Credibility of benchmarking within virtual machines?
How credible are the benchmarks carried out within a virtual machine, as opposed to real hardware?
Let's dissect a specific situation. Assume we want to benchmark the performance impact of a recent code change. Assume for simplicity that the workload is fully CPU bound (though IO bound and mixed workloads are also of interest). Assume that the machine is running under VirtualBox because it's the best one ;)
Assume that we measured the original code and the new code, and the new code was 5% faster (when benchmarked in virtual machine). Can we safely claim that it will be at least 5% faster on real hardware too?
And even more important part, assume that the new code is 3% slower. Can we be completely sure that on real hardware it will be 3% or less slower, but definitely not worse than 3%?
UPDATE: what I'm most interested in is your battlefield results. Ie. can you witness a case when code that was 10% slower in VM performed 5% faster on real iron, or vice versa? Or was it always consistent (ie. if it's faster/slower in VM, it's always proportionally faster/slower on real machine)? Mine are more or less consistent so far; at the very least, always going in the same direction.
If you are comparing results on a VM to results not run on a VM, then no, the results are not credible.
On the other hand, if both tests were run in the same environment, they yes, the results are credible. Both tests will be slower inside a VM, but the difference should still be credible.

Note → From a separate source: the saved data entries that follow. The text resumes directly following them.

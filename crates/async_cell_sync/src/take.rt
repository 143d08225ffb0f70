//! Futures of a cell: `Take` and `Get` with any pointer to the cell, `TakeWeak` and `GetWeak` with
//! a weak pointer.
ghost use Rattle.std.specs.Prelude.{◌≡◌, Err, IfOk, IfSome};
ghost use Rattle.futures.specs.Poll.{IfReady, OnPending};
ghost use Rattle.futures.specs.Task.{Covers, Keeps};
ghost use Rattle.async_cell_model.specs.Refusal.{FailsWithMemory, FailsWithMemoryOrClosed};
ghost use Rattle.async_cell_step.specs.Rule.{IsCloneOfOne};
ghost use Rattle.async_cell_step.specs.Upgrade.{FailsToUpgrade};
ghost use Rattle.async_cell_sync.specs.Names.{IsLost, Names, OwnsNamed};
ghost use Rattle.async_cell_sync.specs.Owned.{cell_owned};
ghost use Rattle.async_cell_sync.specs.Refused.{GivesWeakly};
ghost use Rattle.async_cell_sync.specs.Source.{IsSourceOf};

use crate::async_cell::AsyncCell;
use crate::cell_ref::{CellRef, TakeRef};
use crate::owner::Owner;
use crate::shared::Shared;
use crate::weak::Weak;
use async_cell_calls::{Cloning, Taking};
use async_cell_core::{Refusal, TaskWaker};
use async_cell_history::{Protocol, Takeable, Unruled};
use async_cell_step::{At, Polled, Request, Takes, Upgrade, With};
use futures::task::{Context, Poll};
use std::sync::Wait;

/// Takes the value of a cell. Make the future by `with`. Once ready, it may be polled again, for
/// the next value. If several such futures of a cell are polled again in this way, one of them may
/// get all values. For the waker that `poll_shared` may add, see `AsyncCell`.
///
/// A `Take` of a `Shared` must be consumed, by `.0.end(rt)`. It has no `with`: use `poll_shared`.
#[derive(Clone, Copy, Drop)]
#[derive_where(Debug)]
pub struct Take<C>(#[derive_where(skip)] pub C);

impl<C: TakeRef> Take<C> {
    /// Polls by a shared reference. Takes the value, and the cell is then empty. If there is no
    /// value, waits. Fails with `Memory` if there is no memory to register the waker, and with
    /// `Closed` on a closed cell.
    pub fn poll_shared<R: Wait>(
        &self,
        cx: &mut Context<'_>,
        rt: &R,
    ) -> Poll<Result<C::Value, Refusal>>
        ensures rule { IfReady result (λ given. IfOk given C.Rules.holds) }
        ensures registered { OnPending result (Covers cx.new (C.waits_for self.now.0)) }
        ensures kept { Keeps cx.old cx.new }
        ensures refused { IfReady result FailsWithMemoryOrClosed }
    {
        self.0.cell().poll(Taking, None, cx, rt)
    }
}

impl<C: CellRef + Drop> Take<C> {
    /// Returns the future of this `Take`. The future keeps `rt`, because `Future::poll` has no
    /// parameter for the right to wait.
    ///
    /// ```rust
    /// let cell = AsyncCell::new_with(rt.alloc(), 7);
    /// println!(rt; "{}", block_on(&rt, cell.take().with(&rt))??)?; // prints 7
    /// ```
    pub fn with<R: Wait>(self, rt: R) -> With<Self, R>
        ensures polls { result.polled ≡ self }
    {
        With::new(self, rt)
    }
}

impl<C: CellRef + Drop, R: Wait> Request<R> for Take<C> {
    type Cell = AsyncCell<C::Value, C::Rules>;

    fn cell(&self) -> Option<&AsyncCell<C::Value, C::Rules>> {
        Some(self.0.cell())
    }
}

impl<C: TakeRef + Drop, R: Wait> Polled<R> for Take<C> {
    type Output = Result<C::Value, Refusal>;

    ghost waits_for = { λ take. C.waits_for take.0 };

    ghost may_give = { λ _ given. FailsWithMemoryOrClosed given × IfOk given C.Rules.holds };

    #[inline(always)]
    fn poll_at(&self, at: At<'_>, cx: &mut Context<'_>, rt: &R) -> Poll<Self::Output> {
        self.0.cell().poll(Taking, at, cx, rt)
    }
}

/// Clones the value of a cell, and otherwise is like `Take`. If a `Get` is polled again while the
/// cell holds a value, the `Get` is ready at once.
#[derive(Clone, Copy, Drop)]
#[derive_where(Debug)]
pub struct Get<C>(#[derive_where(skip)] pub C);

impl<C: CellRef<Value: Clone>> Get<C> {
    /// Polls by a shared reference. Clones the value, or waits. Fails with `Memory` if there is no
    /// memory for the clone, or to register the waker, and with `Closed` on a closed cell.
    pub fn poll_shared<R: Wait>(
        &self,
        cx: &mut Context<'_>,
        rt: &R,
    ) -> Poll<Result<C::Value, Refusal>>
        ensures rule { IfReady result (λ given.
            IfOk given (IsCloneOfOne C.Value.is_clone C.Rules.holds)) }
        ensures registered { OnPending result (Covers cx.new (C.waits_for self.now.0)) }
        ensures kept { Keeps cx.old cx.new }
        ensures refused { IfReady result FailsWithMemoryOrClosed }
    {
        self.0.cell().poll(Cloning, None, cx, rt)
    }
}

impl<C: CellRef + Drop> Get<C> {
    /// As `Take::with`.
    pub fn with<R: Wait>(self, rt: R) -> With<Self, R>
        ensures polls { result.polled ≡ self }
    {
        With::new(self, rt)
    }
}

impl<C: CellRef + Drop, R: Wait> Request<R> for Get<C> {
    type Cell = AsyncCell<C::Value, C::Rules>;

    fn cell(&self) -> Option<&AsyncCell<C::Value, C::Rules>> {
        Some(self.0.cell())
    }
}

impl<C: CellRef<Value: Clone> + Drop, R: Wait> Polled<R> for Get<C> {
    type Output = Result<C::Value, Refusal>;

    ghost waits_for = { λ get. C.waits_for get.0 };

    ghost may_give = { λ _ given. FailsWithMemoryOrClosed given
        × IfOk given (IsCloneOfOne C.Value.is_clone C.Rules.holds) };

    #[inline(always)]
    fn poll_at(&self, at: At<'_>, cx: &mut Context<'_>, rt: &R) -> Poll<Self::Output> {
        self.0.cell().poll(Cloning, at, cx, rt)
    }
}

/// Like `Take`, but has a weak pointer to the cell, so it is not an owner. The future gives `None`
/// once the last owner has ended.
#[derive(Drop)]
#[derive_where(Clone; T: Drop)]
#[derive_where(Debug)]
pub struct TakeWeak<T, N: Protocol<T, TaskWaker> = Unruled>(pub Weak<T, N>);

impl<T: Drop, N: Takeable<T, TaskWaker>> TakeWeak<T, N> {
    /// Polls by a shared reference. Takes the value, or waits. Returns `None` on a closed cell.
    /// Fails with `Memory` if there is no memory to register the waker.
    pub fn poll_shared<R: Wait>(
        &self,
        cx: &mut Context<'_>,
        rt: &R,
    ) -> Poll<Result<Option<T>, Refusal>>
        ensures rule { IfReady result (λ given. IfOk given (λ found. IfSome found N.holds)) }
        ensures lost { IsLost self.now.0 → result ≡ Poll.Ready (Err Refusal.Memory) }
        ensures registered { OnPending result (Covers cx.new (IsSourceOf self.now.0)) }
        ensures kept { Keeps cx.old cx.new }
        ensures refused { IfReady result FailsWithMemory }
    {
        self.poll_at(None, cx, rt)
    }
}

impl<T: Drop, N: Protocol<T, TaskWaker>> TakeWeak<T, N> {
    /// Returns the future of this request. The future keeps `rt`.
    pub fn with<R: Wait>(self, rt: R) -> With<Self, R>
        ensures polls { result.polled ≡ self }
    {
        With::new(self, rt)
    }

    /// Makes a `Take` that is a new owner. Fails or returns `None` when `Weak::upgrade` does.
    pub fn upgrade<R: Wait>(&self, rt: &R) -> Result<Option<Take<Shared<T, N>>>, Refusal>
        ensures of_this { IfOk result (λ found. IfSome found (λ take.
            OwnsNamed self.now.0 take.0)) }
        ensures lost { IsLost self.now.0 → result ≡ Err Refusal.Memory }
        ensures refused { FailsToUpgrade result }
    {
        Ok(self.0.upgrade(rt)?.map(Take))
    }
}

impl<T: Drop, R: Wait, N: Protocol<T, TaskWaker>> Request<R> for TakeWeak<T, N> {
    type Cell = AsyncCell<T, N>;

    ghost is_lost = { λ weak. IsLost weak.0 };

    fn cell(&self) -> Option<&AsyncCell<T, N>> {
        self.0.cell().ok()
    }
}

impl<T: Drop, R: Wait, N: Takeable<T, TaskWaker>> Polled<R> for TakeWeak<T, N> {
    type Output = Result<Option<T>, Refusal>;

    ghost waits_for = { λ take. IsSourceOf take.0 };

    ghost may_give = { λ take. GivesWeakly N.holds take.0 };

    fn poll_at(&self, at: At<'_>, cx: &mut Context<'_>, rt: &R) -> Poll<Self::Output> {
        self.0.poll(Taking, at, cx, rt)
    }
}

impl<T: Drop, R: Wait + Copy, N: Protocol<T, TaskWaker>> Upgrade<R> for TakeWeak<T, N> {
    type Owning = Take<Owner<T, R, N>>;

    ghost owned_by = { λ weak owning. Names weak.0 (cell_owned owning.0) };

    fn owning(&self, rt: &R) -> Result<Option<Take<Owner<T, R, N>>>, Refusal> {
        match self.0.upgrade(rt)? {
            Some(owner) => Ok(Some(Take(owner.with(*rt)))),
            None => Ok(None),
        }
    }
}

impl<T: Drop, R: Wait, N: Takeable<T, TaskWaker>> Takes<R> for TakeWeak<T, N> {
    type Value = T;

    ghost holds = { N.holds };

    ghost lacks_memory = { λ _ _ given. given.0 };

    ghost gives_held = { λ _ _ given. given.2 };
}

/// Like `Get`, but has a weak pointer to the cell, so it is not an owner. The future gives `None`
/// once the last owner has ended.
#[derive(Drop)]
#[derive_where(Clone; T: Drop)]
#[derive_where(Debug)]
pub struct GetWeak<T, N: Protocol<T, TaskWaker> = Unruled>(pub Weak<T, N>);

impl<T: Clone, N: Protocol<T, TaskWaker>> GetWeak<T, N> {
    /// Polls by a shared reference. Clones the value, or waits. Returns `None` on a closed cell.
    /// Fails with `Memory` if there is no memory for the clone, or to register the waker.
    pub fn poll_shared<R: Wait>(
        &self,
        cx: &mut Context<'_>,
        rt: &R,
    ) -> Poll<Result<Option<T>, Refusal>>
        ensures rule { IfReady result (λ given. IfOk given (λ found.
            IfSome found (IsCloneOfOne T.is_clone N.holds))) }
        ensures lost { IsLost self.now.0 → result ≡ Poll.Ready (Err Refusal.Memory) }
        ensures registered { OnPending result (Covers cx.new (IsSourceOf self.now.0)) }
        ensures kept { Keeps cx.old cx.new }
        ensures refused { IfReady result FailsWithMemory }
    {
        self.poll_at(None, cx, rt)
    }
}

impl<T: Drop, N: Protocol<T, TaskWaker>> GetWeak<T, N> {
    /// Returns the future of this request. The future keeps `rt`.
    pub fn with<R: Wait>(self, rt: R) -> With<Self, R>
        ensures polls { result.polled ≡ self }
    {
        With::new(self, rt)
    }

    /// Makes a `Get` that is a new owner. Fails or returns `None` when `Weak::upgrade` does.
    pub fn upgrade<R: Wait>(&self, rt: &R) -> Result<Option<Get<Shared<T, N>>>, Refusal>
        ensures of_this { IfOk result (λ found. IfSome found (λ get. OwnsNamed self.now.0 get.0)) }
        ensures lost { IsLost self.now.0 → result ≡ Err Refusal.Memory }
        ensures refused { FailsToUpgrade result }
    {
        Ok(self.0.upgrade(rt)?.map(Get))
    }
}

impl<T: Drop, R: Wait, N: Protocol<T, TaskWaker>> Request<R> for GetWeak<T, N> {
    type Cell = AsyncCell<T, N>;

    ghost is_lost = { λ weak. IsLost weak.0 };

    fn cell(&self) -> Option<&AsyncCell<T, N>> {
        self.0.cell().ok()
    }
}

impl<T: Clone, R: Wait, N: Protocol<T, TaskWaker>> Polled<R> for GetWeak<T, N> {
    type Output = Result<Option<T>, Refusal>;

    ghost waits_for = { λ get. IsSourceOf get.0 };

    ghost may_give = { λ get. GivesWeakly (IsCloneOfOne T.is_clone N.holds) get.0 };

    fn poll_at(&self, at: At<'_>, cx: &mut Context<'_>, rt: &R) -> Poll<Self::Output> {
        self.0.poll(Cloning, at, cx, rt)
    }
}

impl<T: Drop, R: Wait + Copy, N: Protocol<T, TaskWaker>> Upgrade<R> for GetWeak<T, N> {
    type Owning = Get<Owner<T, R, N>>;

    ghost owned_by = { λ weak owning. Names weak.0 (cell_owned owning.0) };

    fn owning(&self, rt: &R) -> Result<Option<Get<Owner<T, R, N>>>, Refusal> {
        match self.0.upgrade(rt)? {
            Some(owner) => Ok(Some(Get(owner.with(*rt)))),
            None => Ok(None),
        }
    }
}

/// The stream of the values of a cell. To make the stream, call `values` on the future of a
/// `TakeWeak`. **Several streams of a cell do not take turns**: one of them may get every value.
/// **Dropping a stream may wait for the lock**, as dropping the future of a `TakeWeak` may (see
/// `With`).
///
/// ```rust
/// let states = Owner::new_with(rt.alloc(), 7, rt)?;
/// let mut values = states.take_weak().values();
/// println!(rt; "{:?}", block_on(&rt, values.next())?)?; // prints Some(Ok(7))
/// drop(states);
/// println!(rt; "{:?}", block_on(&rt, values.next())?)?; // prints None
/// ```
pub type Values<T, R, N = Unruled> = async_cell_step::Values<TakeWeak<T, N>, R>;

All things considered, using Fair Witness principals, all you can assert is how well the application performs in a VM, because that is what you are actually measuring.
Now, if you wish to try and extrapolate what you observe based on the environment, then, assuming you're running a native VM (vs an emulated one, PPC on x86 for example), a CPU bound task is a CPU bound task even in a VM because the CPU is doing most of the heavy lifting.
Arguably there may be some memory management issues involved that can distinguish between a VM and a native application, but once the memory is properly mapped, I can't think there would be dramatic differences in CPU bound run times between a VM and a native machine.
So, I think it is fair to intuit that performance change from one instance of the application to another when run on a VM would have a similar performance change, particularly with a CPU heavy application, when run on a native machine.
However, I don't think you can fairly say that "you know" unless you actually test it your self on the correct environment.
I don't think there is anything that special about a VM for this. Even on a 'real' machine, you are still running with virtual memory and sharing the CPU(s) with other processes, so similar considerations apply.
The ONLY way to get credible performance results between a testing and production environment is to run IDENTICAL hardware and software. Right down to hardware version and software patch levels.
Otherwise you are pretty much wasting your time.
As an example, some memory sticks perform better than others which could easily account for a 5% throughput difference on otherwise identical boxes.
With regards to software the VM software will ALWAYS have an impact; and certain operations may be impacted more than others depending on so many different factors that there is no possible way to compare them.